### WORK INSTRUCTION
Copy every line below where the string "refused" is found.

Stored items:
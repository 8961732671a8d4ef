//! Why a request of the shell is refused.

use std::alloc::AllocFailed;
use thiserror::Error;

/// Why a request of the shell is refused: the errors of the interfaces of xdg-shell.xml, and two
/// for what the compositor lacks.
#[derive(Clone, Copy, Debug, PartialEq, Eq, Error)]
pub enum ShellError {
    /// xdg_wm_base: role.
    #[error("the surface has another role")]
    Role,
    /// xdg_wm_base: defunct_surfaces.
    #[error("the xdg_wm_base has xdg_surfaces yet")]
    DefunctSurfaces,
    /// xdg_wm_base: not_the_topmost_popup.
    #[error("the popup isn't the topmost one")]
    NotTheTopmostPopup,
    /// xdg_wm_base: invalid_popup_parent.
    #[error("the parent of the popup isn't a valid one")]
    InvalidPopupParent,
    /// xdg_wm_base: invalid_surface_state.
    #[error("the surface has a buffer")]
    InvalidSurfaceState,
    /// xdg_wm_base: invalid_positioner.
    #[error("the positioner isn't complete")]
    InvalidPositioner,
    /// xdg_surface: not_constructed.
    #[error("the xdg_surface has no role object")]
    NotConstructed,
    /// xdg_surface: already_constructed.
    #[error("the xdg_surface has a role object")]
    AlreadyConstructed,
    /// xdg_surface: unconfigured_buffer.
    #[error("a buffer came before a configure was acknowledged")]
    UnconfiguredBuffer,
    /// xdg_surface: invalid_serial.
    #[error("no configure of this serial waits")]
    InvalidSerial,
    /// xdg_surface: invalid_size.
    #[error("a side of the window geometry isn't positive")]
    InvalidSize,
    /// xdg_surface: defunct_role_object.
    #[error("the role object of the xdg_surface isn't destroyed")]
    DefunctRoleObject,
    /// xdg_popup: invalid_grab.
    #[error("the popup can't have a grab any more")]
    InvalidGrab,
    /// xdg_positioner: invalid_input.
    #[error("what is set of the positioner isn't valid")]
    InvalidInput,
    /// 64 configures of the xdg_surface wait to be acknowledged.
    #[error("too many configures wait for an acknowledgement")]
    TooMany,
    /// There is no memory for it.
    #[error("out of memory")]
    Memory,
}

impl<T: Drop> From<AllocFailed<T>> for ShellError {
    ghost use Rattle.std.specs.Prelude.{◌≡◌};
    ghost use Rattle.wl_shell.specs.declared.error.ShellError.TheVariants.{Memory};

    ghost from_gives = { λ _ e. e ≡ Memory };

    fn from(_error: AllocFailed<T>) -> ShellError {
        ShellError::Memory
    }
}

### EXPECTED ANSWER
//! Why a request of the shell is refused.
/// Why a request of the shell is refused: the errors of the interfaces of xdg-shell.xml, and two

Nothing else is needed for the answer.